# New front porch



## Cowboy Billy (Nov 14, 2011)

I haven't been around for a while. I went to the farm Oct 6th for a week to build a deck on my bunk house. And ended up staying for five weeks. The first week was great dry and warm and ended up hauling gravel and fixing up trails and sawing wood. The second week was rainy but I needed time inside the barn cleaning it up and setting up my new planner and wiring in my generator to run it and fixing up the pad the porch would sit on. My brother Tommy came up Oct 21st and helped plane the cedar boards for the deck and get most of it built. 

   After he left the weather looked good for a while so I decided to go ahead and build a roof over the deck and turn it into a porch. I don't know why I am like this but it just means something to me to do the whole thing from start to finish. And when I say start I mean start. I designed it. Sawed every tree cut it into lumber, planed it. Peeled every log by hand. I did not buy one board but made them myself. 95% of it is all white cedar and I think it came out great!

   Somehow I can never stay clean.







   I'm sealing the wood with Thompsons water seal. My brother Tommy is picking out the best boards from what I cut.






   Mirror image boards. Ya don't get this from a lumber yard. This wasn't planned I just happened to look down and see it. Somehow it made it all the way through cutting and planing and got laid down like a tree that was cut in half and opened like a book by chance.







    I hand peeled the cedar posts for the deck. It took me about two hours to cut and peel each one






   Log set up in the sawmill. It took four to five cuts on the mill and flipping it end for end to make each post then trim it out with a chainsaw.






   This ain't no pre made kit from home depo!

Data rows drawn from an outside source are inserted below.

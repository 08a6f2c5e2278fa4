ghost use Rattle.std.specs.Prelude.{◌≡◌, ℕ, ◌+◌, ◌^◌, ◌<◌, [], true, IfOk};
ghost use Rattle.std.specs.List.{range_with_len};
ghost use Rattle.gui_lock.specs.Passes.{Locked, Held, IsOf};
ghost use Rattle.lock_tests.specs.Pairs.{AreRanges};
ghost use Rattle.lock_tests.specs.Threads.{IsFree};

use crate::counter::Counter;
use crate::pairs::{Answer, Pairs, WANTING};
use gui_lock::{Deep, Entry, GuiLock, NotLocked, Pass};
use std::alloc::{AllocError, Global};
use std::sync::Wait;
use std::test::Fail;
use std::thread::{Threads, join};

/// How many calls each of the actors 1 to 4 made, where each made the calls 0, 1 .. in order, and
/// these in blocks that stand in one piece. `None` where that isn't so.
fn calls_of_each(entries: &[Entry<u32>], block: u32) -> Option<[u32; 5]>
    requires { 0 < block }
{
    let mut next = [0, 0, 0, 0, 0];
    let mut last = 0;
    for entry in entries {
        let Entry::Made(actor @ 1..=4, number) = entry else {
            return None;
        };
        let place = *actor as usize;
        let goes_on = *number % block == 0 || *actor == last;
        if *number != next[place] || !goes_on {
            return None;
        }
        next[place] = number.wrapping_add(1);
        last = *actor;
    }
    Some(next)
}

/// Calls with 0, 1 .., until one isn't added, and tells whether all were.
fn call_numbers<R: Wait>(
    rt: &R,
    lock: &GuiLock<Pairs>,
    mut pass: Pass<Pairs>,
    count: u32,
) -> (Pass<Pairs>, bool)
    requires pass { IsOf lock.now pass × (pass.depth ≡ 0) }
    requires new { pass.mine ≡ [] }
    ensures pass { IsFree lock.now pass.number result.0 }
    ensures calls { result.1 ≡ true → result.0.mine ≡ range_with_len 0 count }
{
    for number in 0..count {
        let mut room = 0;
        let done = pass.call(rt, lock, &number, &mut room);
        let Ok(answer) = done else { unreachable!() };
        if !answer.is_added() {
            return (pass, false);
        }
    }
    (pass, true)
}

/// Two threads make so many calls each. Where all were added, the history has just these.
fn call_in_two<R: Threads + Wait + Sync>(
    rt: &R,
    alloc: Global,
    first: u32,
    second: u32,
) -> Result<(Pairs, bool), AllocError>
    ensures { IfOk result (λ r. r.1 ≡ true → AreRanges first second r.0.entries.items) }
{
    let value = Pairs::new(alloc)?;
    let Ok((lock, mut passes)) = GuiLock::open(alloc, value, 2) else {
        return Err(AllocError);
    };
    let (Some(two), Some(one)) = (passes.pop(), passes.pop()) else {
        unreachable!()
    };
    let ((one, all_first), (two, all_second)) = join(
        rt,
        || -> (Pass<Pairs>, bool)
            requires { IsOf lock one × (one.depth ≡ 0) × (one.mine ≡ []) }
            ensures { IsFree lock one.number result.0
                × (result.1 ≡ true → result.0.mine ≡ range_with_len 0 first) }
        { call_numbers(rt, &lock, one, first) },
        || -> (Pass<Pairs>, bool)
            requires { IsOf lock two × (two.depth ≡ 0) × (two.mine ≡ []) }
            ensures { IsFree lock two.number result.0
                × (result.1 ≡ true → result.0.mine ≡ range_with_len 0 second) }
        { call_numbers(rt, &lock, two, second) },
    );
    passes.push_reserved(one);
    passes.push_reserved(two);
    let value = lock.close(passes);
    if all_first && all_second {
        Ok((value, true))
    } else {
        Ok((value, false))
    }
}

#[test]
fn threads_leave_all_their_calls_in_order(rt: HostRuntime) -> Result<(), Fail> {
    for (first, second) in [(10, 10), (3, 300), (1000, 0)] {
        let (pairs, all) = call_in_two(&rt, rt.alloc(), first, second)?;
        assert!(rt; all);
        assert_eq!(rt;
            calls_of_each(pairs.entries(), 1),
            Some([0, first, second, 0, 0])
        );
    }
    Ok(())
}

/// Makes four calls with numbers from the first on, in one block: under a lock, a lock within it,
/// and a third one.
fn call_block<R: Wait>(rt: &R, lock: &GuiLock<Pairs>, pass: &mut Pass<Pairs>, first: u32)
    requires calls { first + 4 < 2 ^ 32 }
    requires pass { IsOf lock.now pass.old × (pass.old.depth ≡ 0) }
    ensures { IsFree lock.now pass.old.number pass.new }
{
    let mut room = 0;
    let _ = pass.lock(rt, lock);
    let _ = pass.apply(lock, &first, &mut room);
    let _ = pass.lock(rt, lock);
    let _ = pass.apply(lock, &(first + 1), &mut room);
    let _ = pass.lock(rt, lock);
    let _ = pass.apply(lock, &(first + 2), &mut room);
    let _ = pass.unlock(lock);
    let _ = pass.unlock(lock);
    let _ = pass.apply(lock, &(first + 3), &mut room);
    let _ = pass.unlock(lock);
}

/// Makes a thousand calls in blocks of four.
fn call_blocks<R: Wait>(rt: &R, lock: &GuiLock<Pairs>, mut pass: Pass<Pairs>) -> Pass<Pairs>
    requires { IsOf lock.now pass × (pass.depth ≡ 0) }
    ensures { IsFree lock.now pass.number result }
{
    for block in 0..250 {
        call_block(rt, lock, &mut pass, 4 * block);
    }
    pass
}

/// Makes a thousand calls in blocks of four, on each of two threads.
fn blocks_in_two<R: Threads + Wait + Sync>(
    rt: &R,
    lock: &GuiLock<Pairs>,
    one: Pass<Pairs>,
    two: Pass<Pairs>,
) -> (Pass<Pairs>, Pass<Pairs>)
    requires one { IsOf lock.now one × (one.depth ≡ 0) }
    requires two { IsOf lock.now two × (two.depth ≡ 0) }
    ensures { IsFree lock.now one.number result.0 × IsFree lock.now two.number result.1 }
{
    join(
        rt,
        || -> Pass<Pairs>
            requires { IsOf lock.now one × (one.depth ≡ 0) }
            ensures { IsFree lock.entry.now one.number result }
        { call_blocks(rt, lock, one) },
        || -> Pass<Pairs>
            requires { IsOf lock.now two × (two.depth ≡ 0) }
            ensures { IsFree lock.entry.now two.number result }
        { call_blocks(rt, lock, two) },
    )
}

/// Makes a thousand calls in blocks of four, on each of four threads.
fn blocks_in_four<R: Threads + Wait + Sync>(rt: &R, alloc: Global) -> Result<Pairs, AllocError> {
    let value = Pairs::new(alloc)?;
    let Ok((lock, mut passes)) = GuiLock::open(alloc, value, 4) else {
        return Err(AllocError);
    };
    let (Some(d), Some(c), Some(b), Some(a)) = (
        passes.pop(),
        passes.pop(),
        passes.pop(),
        passes.pop(),
    ) else {
        unreachable!()
    };
    let ((a, b), (c, d)) = join(
        rt,
        || -> (Pass<Pairs>, Pass<Pairs>)
            requires { IsFree lock 1 a × IsFree lock 2 b }
            ensures { IsFree lock 1 result.0 × IsFree lock 2 result.1 }
        { blocks_in_two(rt, &lock, a, b) },
        || -> (Pass<Pairs>, Pass<Pairs>)
            requires { IsFree lock 3 c × IsFree lock 4 d }
            ensures { IsFree lock 3 result.0 × IsFree lock 4 result.1 }
        { blocks_in_two(rt, &lock, c, d) },
    );
    passes.push_reserved(a);
    passes.push_reserved(b);
    passes.push_reserved(c);
    passes.push_reserved(d);
    Ok(lock.close(passes))
}

#[test]
fn blocks_of_four_threads_stand_in_one_piece(rt: HostRuntime) -> Result<(), Fail> {
    let pairs = blocks_in_four(&rt, rt.alloc())?;
    assert_eq!(rt;
        calls_of_each(pairs.entries(), 4),
        Some([0, 1000, 1000, 1000, 1000])
    );
    Ok(())
}

/// A lock round no pairs, with two passes.
fn open_two(alloc: Global) -> Result<(GuiLock<Pairs>, Pass<Pairs>, Pass<Pairs>), AllocError>
    ensures first { IfOk result (λ r. IsFree r.0 1 r.1) }
    ensures second { IfOk result (λ r. IsFree r.0 2 r.2) }
    ensures passes { IfOk result (λ r. r.0.passes ≡ 2) }
{
    let value = Pairs::new(alloc)?;
    let Ok((lock, mut passes)) = GuiLock::open(alloc, value, 2) else {
        return Err(AllocError);
    };
    let (Some(two), Some(one)) = (passes.pop(), passes.pop()) else {
        unreachable!()
    };
    passes.destroy_empty();
    Ok((lock, one, two))
}

/// Locks so often, and tells whether that went well each time.
fn lock_often<R: Wait>(rt: &R, lock: &GuiLock<Pairs>, pass: &mut Pass<Pairs>, times: u8) -> bool
    requires { IsOf lock.now pass.old }
    ensures { IsOf lock.now pass.new }
{
    for _time in 0..times {
        if pass.lock(rt, lock) != Ok(()) {
            return false;
        }
    }
    true
}

/// Unlocks so often, and tells whether that went well each time.
fn unlock_often(lock: &GuiLock<Pairs>, pass: &mut Pass<Pairs>, times: u8) -> bool
    requires { IsOf lock.now pass.old }
    ensures { IsOf lock.now pass.new }
{
    for _time in 0..times {
        if pass.unlock(lock) != Ok(()) {
            return false;
        }
    }
    true
}

#[test]
fn the_hundred_and_first_lock_is_deep(rt: HostRuntime) -> Result<(), Fail> {
    let (lock, mut pass, _other) = open_two(rt.alloc())?;
    let mut room = 0;
    assert!(rt; lock_often(&rt, &lock, &mut pass, 100));
    assert_eq!(rt; pass.lock(&rt, &lock), Err(Deep));
    assert_eq!(rt; pass.call(&rt, &lock, &7, &mut room), Err(Deep));
    assert_eq!(rt; pass.apply(&lock, &7, &mut room), Ok(Answer::Added));
    pass.wait_until(&rt, &lock, 1);
    assert_eq!(rt; pass.depth(), 100);
    assert!(rt; unlock_often(&lock, &mut pass, 100));
    assert_eq!(rt; pass.unlock(&lock), Err(NotLocked));
    assert_eq!(rt; pass.apply(&lock, &7, &mut room), Err(NotLocked));
    assert_eq!(rt; (pass.depth(), pass.len_seen()), (0, 1));
    Ok(())
}

#[test]
fn passes_learn_from_one_another(rt: HostRuntime) -> Result<(), Fail> {
    let (lock, mut one, mut two) = open_two(rt.alloc())?;
    let mut room = 0;
    assert_eq!(rt; two.call(&rt, &lock, &7, &mut room), Ok(Answer::Added));
    assert_eq!(rt; one.call(&rt, &lock, &8, &mut room), Ok(Answer::Added));
    assert_eq!(rt; (one.number(), one.len_seen()), (1, 2));
    assert_eq!(rt; (two.number(), two.len_seen()), (2, 1));
    one.learn(&lock, &mut two);
    assert_eq!(rt; (one.len_seen(), two.len_seen()), (2, 1));
    two.learn(&lock, &mut one);
    assert_eq!(rt; (one.len_seen(), two.len_seen()), (2, 2));
    Ok(())
}

#[test]
fn a_call_that_wants_memory_is_in_no_history(rt: HostRuntime) -> Result<(), Fail> {
    let (lock, mut one, mut two) = open_two(rt.alloc())?;
    let mut room = 0;
    assert_eq!(rt; one.call(&rt, &lock, &7, &mut room), Ok(Answer::Added));
    assert_eq!(rt;
        one.call(&rt, &lock, &WANTING, &mut room),
        Ok(Answer::Memory)
    );
    assert_eq!(rt; two.call(&rt, &lock, &8, &mut room), Ok(Answer::Added));
    assert_eq!(rt; (one.len_seen(), two.len_seen()), (1, 2));
    let mut passes = Vec::with_capacity(rt.alloc(), 2)?;
    passes.push_reserved(one);
    passes.push_reserved(two);
    let pairs = lock.close(passes);
    assert!(rt; matches!(pairs.entries(), [Entry::Made(1, 7), Entry::Made(2, 8)]));
    Ok(())
}

/// Counts twenty times, each time where it is this actor's turn.
fn count_in_turn<R: Wait>(
    rt: &R,
    lock: &GuiLock<Counter>,
    mut pass: Pass<Counter>,
    first: usize,
) -> Pass<Counter>
    requires first { first < 2 }
    requires pass { IsOf lock.now pass × (pass.depth ≡ 0) }
    ensures { IsFree lock.now pass.number result }
{
    for turn in 0..20 {
        pass.wait_until(rt, lock, 2 * turn + first);
        let mut room = 0;
        let _ = pass.call(rt, lock, &0, &mut room);
    }
    pass
}

/// Two threads count, each waiting for the other.
fn count_in_two<R: Threads + Wait + Sync>(rt: &R, alloc: Global) -> Result<Counter, AllocError> {
    let value = Counter::new(alloc)?;
    let Ok((lock, mut passes)) = GuiLock::open(alloc, value, 2) else {
        return Err(AllocError);
    };
    let (Some(two), Some(one)) = (passes.pop(), passes.pop()) else {
        unreachable!()
    };
    let (one, two) = join(
        rt,
        || -> Pass<Counter>
            requires { IsFree lock 1 one }
            ensures { IsFree lock 1 result }
        { count_in_turn(rt, &lock, one, 0) },
        || -> Pass<Counter>
            requires { IsFree lock 2 two }
            ensures { IsFree lock 2 result }
        { count_in_turn(rt, &lock, two, 1) },
    );
    passes.push_reserved(one);
    passes.push_reserved(two);
    Ok(lock.close(passes))
}

#[test]
fn waiting_passes_take_turns(rt: HostRuntime) -> Result<(), Fail> {
    let counter = count_in_two(&rt, rt.alloc())?;
    let mut turn = 1;
    for entry in counter.entries() {
        let Entry::Made(actor, _) = entry else {
            panic!(rt; "a counter has no marks")
        };
        assert!(rt; *actor == turn);
        turn = if turn == 1 { 2 } else { 1 };
    }
    assert_eq!(rt; counter.entries().len(), 40);
    Ok(())
}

   The first eight posts up. And frame work for the roof started.






  A load of cedar boards going from the sawmill to the barn to be planned.






   The new planner hooked up and running off my lister generator.






   The roof is on!My cousin Lyle and his friend Rusty came over and helped me get that part up.






   Now all the posts ar up. Door openings framed and knee walls done.




































   I have to say I love how it turned out. I love sitting on and watching the sun come up. Now I need a self contained fire pit to put in it for those chilly days!

Billy


----------



## bogydave (Nov 14, 2011)

Awesome pictures Billy
You are a Do It Yourself (DIY) master for sure. 
Great job!


----------



## raybonz (Nov 14, 2011)

Wow Billy that came out awesome! I love the rustic look of the cedar beams! Great work and pics! That would be a great way to build a wood shelter too..

Ray


----------



## Cowboy Billy (Nov 14, 2011)

Thank ya kindly Dave

Ray

  That was in the back of my mind that if it didn't turn out well it would become a wood shed! 

Billy


----------



## raybonz (Nov 14, 2011)

Cowboy Billy said:
			
		

> Thank ya kindly Dave
> 
> Ray
> 
> ...



LOL gotta have a plan B Bill to save face 

Ray


----------



## Stax (Nov 14, 2011)

F!@#ing awesome!  Great job and craftmanship.  Love the ruggedness and rustic look of it.  Pat yourself on the back my man.


----------



## yooperdave (Nov 15, 2011)

hey!  you're right, you've been gone for a while...glad to hear from you again and the projects and equipment look great!  now, please tell me that you are in the u.p. getting ready for the 15th??


----------



## thewoodlands (Nov 15, 2011)

Billy, great looking job.


zap


----------



## Dix (Nov 15, 2011)

I love that porch  You can tie a pony to it


----------



## Cowboy Billy (Nov 15, 2011)

Thanks Stax

   I will. Have a great day!

Thanks Zap

Howdy Dave

   Sorry I only hunt trees. But I do plant a few deer feed plots and if my uncles shoot a deer on my place they have to share the venison with me. 

Thanks Eileen

   Thats just what I need. I'll have to hit up the antique stores and find some hand forged horse tie rings. 

Billy


----------



## davmor (Nov 15, 2011)

Great post, story, and pics. Very good when a plan comes together. That is awesome that you can do it all from start to finish


----------



## Jags (Nov 15, 2011)

That is totally awesome, Billy.  What planer are you using??  What is the output of the lister genny??


----------



## GAMMA RAY (Nov 15, 2011)

That is a beautiful porch Billy..  
I would be proud as chit to have a porch like that especially if my husband put all the hard work into it that you did. The fact that you did everything yourself from start to finish makes it even more special.
I think the final touch should be a rocking chair and maybes one of those "twig" wreaths on the front door...(Plain wreath, no flowers or chit like that)....a rustic wreath.... ;-) 
Job well done!


----------



## Cowboy Billy (Nov 15, 2011)

Thanks Davmor

   It sure is. Its great to have the land and equ to do it. It does take a lot of time but I enjoy it.

Howdy Jags

   I've had bad luck getting used equ lately so I bought the planner new its a 15" grizzly spiral cut. I built the generator its a 14 hp listeroid diesel with a 12kv gen head but it doesn't have enough power to run it so I will have to come up with a better generator. 

Thanks Gamma

   A rocker is a good idea I was thinking of a cedar post swing.

Billy


----------



## Jags (Nov 15, 2011)

Cowboy Billy said:
			
		

> I've had bad luck getting used equ lately so I bought the planner new its a 15" grizzly spiral cut. I built the generator its a 14 hp listeroid diesel with a 12kv gen head but it doesn't have enough power to run it so I will have to come up with a better generator.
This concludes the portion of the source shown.